• [The problem]:
Please copy the lines below exactly, from the first one through the line showing "end fails: its".

• [Data provided]:
===============

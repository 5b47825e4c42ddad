//! What a command has written when a call of an end stops it, by the size of the pieces.

use crate::failing::{End, HELLO, run};
use sample_sections::{DSI, NEXT_BLOCK, NEXT_DII};
use std::alloc::Global;
use std::test::Fail;

/// Appends a packet of PID 256 with a section from the front of its payload on, and stuffing.
fn put_packet(packets: &mut Vec<u8>, counter: u8, section: &[u8]) -> Result<(), Fail> {
    packets.extend_from_slice(&[0x47, 0x41, 0x00, 0x10 | counter % 16, 0x00])?;
    packets.extend_from_slice(section)?;
    for _ in section.len()..183 {
        packets.push(0xFF)?;
    }
    Ok(())
}

/// How a command with these sizes of a read and a write ends where this call of an end fails: its
/// exit status, how many bytes were written, and how many are where no call fails, of which they
/// are the first.
fn stopped(
    alloc: Global,
    line: &str,
    input: &[u8],
    pieces: (usize, usize),
    failing: (End, u64),
) -> Result<(u8, usize, usize), Fail> {
    let good = run(alloc, line, input, pieces, None)?;
    let ended = run(alloc, line, input, pieces, Some(failing))?;
    let (whole, written) = (good.sink.written(), ended.sink.written());
    if !whole.starts_with(written) {
        return Err(Fail::from("other bytes were written"));
    }
    Ok((ended.code, written.len(), whole.len()))
}

#[test]
fn calls_that_fail_stop_commands(rt: HostRuntime) -> Result<(), Fail> {
    let alloc = rt.alloc();
    let announced = run(alloc, "publish-psi F 1 1", b"", (1, 100), None)?;
    let packets = announced.sink.written();
    let script = b"put 1 /e -\ncommit 1\ndraw 3\n";
    let rows: [(&str, &[u8], (usize, usize), (End, u64), (u8, usize, usize)); 12] = [
        (
            "assemble 1 0 5 42",
            &HELLO,
            (20, 2),
            (End::Source, 1),
            (4, 0, 5),
        ),
        (
            "assemble 1 0 5 42",
            &HELLO,
            (20, 2),
            (End::Sink, 1),
            (5, 2, 5),
        ),
        ("find 1", packets, (300, 2), (End::Source, 1), (4, 0, 4)),
        ("find 1", packets, (300, 2), (End::Sink, 1), (5, 2, 4)),
        (
            "open-id 1 /",
            packets,
            (300, 2),
            (End::Source, 1),
            (4, 0, 13),
        ),
        ("open-id 1 /", packets, (300, 2), (End::Sink, 1), (5, 2, 13)),
        (
            "mounts x=256 /x",
            packets,
            (300, 2),
            (End::Source, 1),
            (4, 0, 14),
        ),
        (
            "mounts x=256 /x",
            packets,
            (300, 2),
            (End::Sink, 1),
            (5, 2, 14),
        ),
        (
            "publish F 1 1",
            b"",
            (1, 100),
            (End::Folders, 0),
            (6, 0, 564),
        ),
        (
            "publish F 1 1",
            b"",
            (1, 100),
            (End::Sink, 1),
            (5, 100, 564),
        ),
        ("rehearse", script, (20, 100), (End::Source, 1), (4, 0, 33)),
        (
            "rehearse",
            b"commit 1",
            (20, 1000),
            (End::Sink, 0),
            (5, 0, 22),
        ),
    ];
    for (line, input, pieces, failing, wanted) in rows {
        assert_eq!(rt;
            stopped(alloc, line, input, pieces, failing)?,
            wanted,
            "of {line}"
        );
    }
    Ok(())
}

/// A read that fails while sections are recorded: the one of 115 bytes in the packet before it is
/// written by then.
#[test]
fn a_read_that_fails_stops_recording(rt: HostRuntime) -> Result<(), Fail> {
    let alloc = rt.alloc();
    let mut packets = Vec::new(alloc);
    put_packet(&mut packets, 0, &DSI)?;
    put_packet(&mut packets, 1, &NEXT_DII)?;
    put_packet(&mut packets, 2, &NEXT_BLOCK)?;
    let ended = stopped(alloc, "record 256", &packets, (100, 50), (End::Source, 2))?;
    assert_eq!(rt; ended, (4, 115, 254));
    Ok(())
}
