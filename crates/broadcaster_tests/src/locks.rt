ghost use Rattle.history_lock.specs.Passes.{IsPassOf};

use history_lock::{Chronicled, HistoryLock, Pass};
use std::alloc::AllocError;
use std::sync::Wait;
use std::test::Fail;
use std::thread;

fn is_shared<T: Send + Sync>(_value: &T) {}

fn is_sent<T: Send>(_value: &T) {}

/// A lock may be shared by threads, and its passes may go to them and come back, whatever the value is.
fn crosses<V: Chronicled>(lock: &HistoryLock<V>, pass: &Pass<V>) {
    is_shared(lock);
    is_sent(pass);
}

// The example of the crate's documentation.
#[derive(Drop)]
struct Page {
    lines: Vec<u32>,
}

impl Chronicled for Page {
    type Entry = u32;

    ghost list = { λ page. page.lines.items };
}

/// Adds a line of this number to the page, in one hold, unless there is no memory.
fn add<R: Wait>(
    rt: &R,
    page: &HistoryLock<Page>,
    pass: &mut Pass<Page>,
    line: u32,
) -> Result<(), AllocError>
    requires { IsPassOf page.now pass.old }
    ensures { IsPassOf page.now pass.new }
{
    let mut hold = page.hold(rt, pass);
    let added = hold.value().lines.push(line);
    hold.put_back();
    Ok(added?)
}

#[test]
fn the_second_pass_finds_what_the_first_added(rt: HostRuntime) -> Result<(), Fail> {
    let alloc = rt.alloc();
    let page = Page {
        lines: Vec::new(alloc),
    };
    let Ok((page, mut passes)) = HistoryLock::new(alloc, page, 2) else {
        panic!(rt; "no memory for a lock")
    };
    let Some(mut second) = passes.pop() else {
        panic!(rt; "no second pass")
    };
    let Some(mut first) = passes.pop() else {
        panic!(rt; "no first pass")
    };
    assert_eq!(rt; (first.number(), second.number()), (0, 1));
    crosses(&page, &first);
    add(&rt, &page, &mut first, 7)?;
    let mut hold = page.hold(&rt, &mut second);
    assert_eq!(rt; hold.value().lines.as_slice(), [7].as_slice());
    hold.put_back();
    passes.push(first)?;
    passes.push(second)?;
    let page = page.close(passes);
    assert_eq!(rt; page.lines.as_slice(), [7].as_slice());
    Ok(())
}

#[test]
fn two_editors_share_a_page(rt: HostRuntime) -> Result<(), Fail> {
    let alloc = rt.alloc();
    let page = Page {
        lines: Vec::new(alloc),
    };
    let Ok((page, mut passes)) = HistoryLock::new(alloc, page, 2) else {
        panic!(rt; "no memory for a lock")
    };
    let Some(mut second) = passes.pop() else {
        panic!(rt; "no second pass")
    };
    let Some(mut first) = passes.pop() else {
        panic!(rt; "no first pass")
    };
    let shared = &page;
    let handle = &rt;
    let ((added, first), (added_too, second)) = thread::join(
        &rt,
        move || {
            let added = add(handle, shared, &mut first, 1);
            (added, first)
        },
        move || {
            let added = add(handle, shared, &mut second, 2);
            (added, second)
        },
    );
    passes.push(first)?;
    passes.push(second)?;
    let page = page.close(passes);
    assert!(rt; added.is_ok() && added_too.is_ok());
    let lines = page.lines.as_slice();
    assert!(rt; lines == [1, 2].as_slice() || lines == [2, 1].as_slice());
    Ok(())
}
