//! Sessions on running threads, by the call that runs every command.
ghost use Rattle.std.specs.Prelude.{◌≡◌};

use crate::failing::words;
use crate::meeting::Meeting;
use crate::steps::Steps;
use carousel_shell::run;
use cycle_planner::{GREATEST_ID, Weigh};
use folder_playout::NoNotices;
use folder_store::{MemFolders, MemStore};
use oc_bytes::{MemSink, MemSource};
use section_workers::{Gate, NoGate};
use std::alloc::Global;
use std::sync::Wait;
use std::test::Fail;
use std::thread::Threads;

/// A file that the first editor takes away and then the second, or the other way round: the second
/// of them finds none.
const WORKED: &[u8] =
    b"put 1 /x 31\ncommit 1\ndraw 1048576\nopen 1 /x\nstart\nremove 1 /x\ncommit 1\nremove 2 /x\ncommit 2\nsettle\nfinale 1 /x\n";

/// What is written before `start`.
const BEFORE: &[u8] = b"commit 1 generation 1\ndraw 1 0 3\nopen 1 1 /x file 1 31\n";

/// What is written below it, whichever editor is first.
const FIRST_BEFORE: &[u8] =
    b"commit 1 generation 2\ncommit 2 refused edit 0 no-such-file\ndraw 2 0 3\ndraw 2 0 3\nopen 1 2 /x no-such\n";

const SECOND_BEFORE: &[u8] =
    b"commit 2 generation 2\ncommit 1 refused edit 0 no-such-file\ndraw 2 0 3\ndraw 2 0 3\nopen 1 2 /x no-such\n";

/// An editor makes a folder, which no file takes the place of, and takes it out; below `start`
/// another one, and one in a third.
const FOLDERS: &[u8] =
    b"mkdir 1 /d\ncommit 1\ndraw 1048576\nopen 1 /d\nput 1 /d 31\ncommit 1\nrmdir 1 /d\ncommit 1\nstart\nmkdir 1 /e\nrmdir 1 /e\nmkdir 1 /d/e\ncommit 1\nsettle\nfinale 1 /\nfinale 1 /d/e\n";

/// What is written of it: the one editor's commits are in their order.
const FOLDERS_REPORT: &[u8] =
    b"commit 1 generation 1\ndraw 1 0 3\nopen 1 1 /d folder 0\ncommit 1 refused edit 0 folder-there\ncommit 1 generation 2\ncommit 1 generation 3\ndraw 3 0 3\ndraw 3 0 3\nopen 1 3 / folder 1 d\nopen 1 3 /d/e folder 0\n";

/// Two editors, the feeder and two readers with a step each.
const MEETING: &[u8] = b"commit 1\ncommit 2\ndraw 3\nopen 1 /\nopen 2 /\n";

/// Below `start` the first editor has two lines of edits and a commit, the second a line, a commit
/// and a line that no commit follows; the feeder has two draws, the first reader two opens and the
/// second one.
const STEPPING: &[u8] =
    b"put 1 /a 31\ncommit 1\nput 1 /b 32\ndraw 5\nopen 1 /a\nstart\nput 1 /c 33\nremove 1 /a\ncommit 1\nput 2 /d 34\ncommit 2\nput 2 /e 35\ndraw 3\ndraw 3\nopen 1 /a\nopen 1 /b\nopen 2 /c\nsettle\nfinale 1 /b\nfinale 2 /d\n";

/// The calls of the input and of the output that fail.
#[derive(Clone, Copy)]
struct Failing {
    read: Option<u64>,
    write: Option<u64>,
}

const NONE: Failing = Failing {
    read: None,
    write: None,
};

/// How a session ended.
#[derive(Drop)]
struct Played {
    code: u8,
    sink: MemSink,
}

/// The number of this call, if there is one.
fn calls(alloc: Global, failing: Option<u64>) -> Result<Vec<u64>, Fail> {
    let mut calls = Vec::new(alloc);
    if let Some(call) = failing {
        calls.push(call)?;
    }
    Ok(calls)
}

/// How the command of these words ends on an input that comes in pieces of 20 bytes, where each
/// module is sent once a cycle, and what is written in pieces of 100.
fn outcome<R: Threads + Wait + Sync, G: Gate>(
    rt: &R,
    alloc: Global,
    line: &str,
    script: &[u8],
    failing: Failing,
    gate: &G,
) -> Result<Played, Fail> {
    let words = words(alloc, line)?;
    let reads = calls(alloc, failing.read)?;
    let mut source = MemSource::new(Vec::from_slice(alloc, script)?, reads, 20);
    let mut sink = MemSink::new(alloc, calls(alloc, failing.write)?, 100);
    let mut folders = MemFolders::new(Vec::new(alloc), Vec::new(alloc));
    let mut store = MemStore::new(alloc, Vec::new(alloc));
    let call = Box::new(
        alloc,
        |_id: u16| -> u8
            ensures { result ≡ 1 }
        { 1 },
    )?;
    let weigh = Weigh::new([1; GREATEST_ID], call);
    let status = run(
        rt,
        alloc,
        &words,
        &mut source,
        &mut sink,
        &mut folders,
        &mut store,
        &mut NoNotices,
        gate,
        weigh,
        Vec::new(alloc),
    );
    let code = status.code();
    Ok(Played { code, sink })
}

/// Whether a command ends with this status, and wrote this.
fn is_played<R: Threads + Wait + Sync>(
    rt: &R,
    alloc: Global,
    line: &str,
    script: &[u8],
    code: u8,
    written: &[u8],
) -> Result<bool, Fail> {
    let played = outcome(rt, alloc, line, script, NONE, &NoGate)?;
    Ok(played.code == code && played.sink.written() == written)
}

/// Whether this is the report of the worked script.
fn is_worked(report: &[u8]) -> bool {
    match report.strip_prefix(BEFORE) {
        Some(rest) => rest == FIRST_BEFORE || rest == SECOND_BEFORE,
        None => false,
    }
}

#[test]
fn scripts_are_played(rt: HostRuntime) -> Result<(), Fail> {
    let alloc = rt.alloc();
    let played = outcome(&rt, alloc, "session", WORKED, NONE, &NoGate)?;
    assert!(rt; played.code == 0);
    assert!(rt; is_worked(played.sink.written()));

    assert!(rt; is_played(&rt, alloc, "session", b"", 0, b"")?);
    assert!(rt; is_played(&rt, alloc, "session", FOLDERS, 0, FOLDERS_REPORT)?);
    let bad_line = b"put 1 /x 31\ncommit 1\nopen 1 x\n";
    assert!(rt; is_played(&rt, alloc, "session", bad_line, 3, b"")?);
    assert!(rt; is_played(&rt, alloc, "session 1", WORKED, 2, b"")?);
    assert!(rt; is_played(&rt, alloc, "big 0", b"", 2, b"")?);
    let commit = b"commit 1 generation 1\n";
    assert!(rt; is_played(&rt, alloc, "rehearse", b"commit 1\n", 0, commit)?);
    Ok(())
}

/// How the worked script ends where a call of the input, of the output, or of both fails.
fn failed<R: Threads + Wait + Sync>(
    rt: &R,
    alloc: Global,
    read: Option<u64>,
    write: Option<u64>,
) -> Result<Played, Fail> {
    outcome(
        rt,
        alloc,
        "session",
        WORKED,
        Failing { read, write },
        &NoGate,
    )
}

/// The worked script has 111 bytes, so it takes six reads and one at its end; its report takes two
/// writes.
#[test]
fn each_failing_call_ends_the_session(rt: HostRuntime) -> Result<(), Fail> {
    let alloc = rt.alloc();
    for call in 0..7u64 {
        let played = failed(&rt, alloc, Some(call), None)?;
        assert!(rt; played.code == 4 && played.sink.written().is_empty());
    }
    let first = failed(&rt, alloc, None, Some(0))?;
    assert!(rt; first.code == 5 && first.sink.written().is_empty());
    let second = failed(&rt, alloc, None, Some(1))?;
    assert!(rt; second.code == 5 && second.sink.written().len() == 100);
    assert!(rt; second.sink.written().starts_with(BEFORE));
    let neither = failed(&rt, alloc, Some(7), Some(2))?;
    assert!(rt; neither.code == 0);
    Ok(())
}

/// The counts of size 1 come from sums by hand: 32 files, of which the shortest has 1,000 bytes and
/// each next one 500 more. Those of size 16 are an independent model's.
#[test]
fn a_generated_session_is_counted(rt: HostRuntime) -> Result<(), Fail> {
    let alloc = rt.alloc();
    let small = b"big 1 editors 1 commits 4 files 32 bytes 280000\n";
    assert!(rt; is_played(&rt, alloc, "big 1", WORKED, 0, small)?);
    let large = b"big 16 editors 16 commits 64 files 512 bytes 5680000\n";
    assert!(rt; is_played(&rt, alloc, "big 16", WORKED, 0, large)?);

    let failing = Failing {
        read: Some(0),
        write: Some(0),
    };
    let played = outcome(&rt, alloc, "big 1", b"", failing, &NoGate)?;
    assert!(rt; played.code == 5 && played.sink.written().is_empty());
    Ok(())
}

/// Plays a session of two editors, the feeder and two readers. Answers whether it ended well, and
/// all met at their first steps.
fn meets<R: Threads + Wait + Sync>(
    rt: &R,
    alloc: Global,
    line: &str,
    script: &[u8],
) -> Result<bool, Fail> {
    let gate = Meeting::new();
    let played = outcome(rt, alloc, line, script, NONE, &gate)?;
    let (first, second) = gate.workers();
    Ok(played.code == 0 && gate.actors() == 5 && first > 0 && second > 0 && gate.late() == 0)
}

#[test]
fn all_actors_of_a_session_are_at_work_at_once(rt: HostRuntime) -> Result<(), Fail> {
    let alloc = rt.alloc();
    assert!(rt; meets(&rt, alloc, "session", MEETING)?);
    assert!(rt; meets(&rt, alloc, "big 2", b"")?);
    Ok(())
}

/// What stands above `start` and at the end has no step, and each line between them has one.
#[test]
fn each_line_of_an_actor_is_a_step(rt: HostRuntime) -> Result<(), Fail> {
    let alloc = rt.alloc();
    let gate = Steps::new();
    let played = outcome(&rt, alloc, "session", STEPPING, NONE, &gate)?;
    assert!(rt; played.code == 0);
    assert!(rt; gate.all() == [3, 3, 2, 2, 1, 0]);
    Ok(())
}

/// A file of row `n`, in one of four folders: its length and its first byte.
fn row(n: u32) -> (u32, u32) {
    let length = if n >= 60 {
        2_097_152
    } else {
        n.wrapping_mul(676).wrapping_add(1_024)
    };
    (length, n)
}

/// The bytes that `fill` makes, as a report writes them.
fn push_filled(text: &mut String, length: u32, from: u32) -> Result<(), Fail> {
    for i in 0..length {
        let byte = from.wrapping_add(i.wrapping_mul(7)).wrapping_add(i / 256) % 256;
        for digit in [byte / 16, byte % 16] {
            text.push(char::from_digit(digit, 16).unwrap_or('-'))?;
        }
    }
    Ok(())
}

/// Sixty files and a large one, in three commits, with draws of which each fiftieth packet is lost.
#[test]
fn finales_are_the_last_tree(rt: HostRuntime) -> Result<(), Fail> {
    let alloc = rt.alloc();
    let mut script = String::new(alloc);
    let mut finales = String::new(alloc);
    let mut report = String::new(alloc);
    for n in 0..61u32 {
        let (length, from) = row(n);
        let path = format!(in alloc; "/{}/{n}", n % 4)?;
        script.push_str(&format!(in alloc; "fill 1 {path} {length} {from}\n")?)?;
        if n % 30 == 29 {
            script.push_str("commit 1\ndraw 1048576 k49 d1\n")?;
        }
        finales.push_str(&format!(in alloc; "finale 1 {path}\n")?)?;
        report.push_str(&format!(in alloc; "open 1 3 {path} file {length} ")?)?;
        push_filled(&mut report, length, from)?;
        report.push('\n')?;
    }
    script.push_str("commit 1\ndraw 1048576 k49 d1\ndraw 1048576 k49 d1\nsettle\n")?;
    script.push_str(&finales)?;
    let played = outcome(&rt, alloc, "session", script.as_bytes(), NONE, &NoGate)?;
    assert!(rt; played.code == 0);
    assert!(rt; played.sink.written().ends_with(report.as_bytes()));
    Ok(())
}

===============

• [Your response]:
repository 5b47825e4c42ddad
//! What a command has written when a call of an end stops it, by the size of the pieces.

use crate::failing::{End, HELLO, run};
use sample_sections::{DSI, NEXT_BLOCK, NEXT_DII};
use std::alloc::Global;
use std::test::Fail;

/// Appends a packet of PID 256 with a section from the front of its payload on, and stuffing.
fn put_packet(packets: &mut Vec<u8>, counter: u8, section: &[u8]) -> Result<(), Fail> {
    packets.extend_from_slice(&[0x47, 0x41, 0x00, 0x10 | counter % 16, 0x00])?;
    packets.extend_from_slice(section)?;
    for _ in section.len()..183 {
        packets.push(0xFF)?;
    }
    Ok(())
}

/// How a command with these sizes of a read and a write ends where this call of an end fails: its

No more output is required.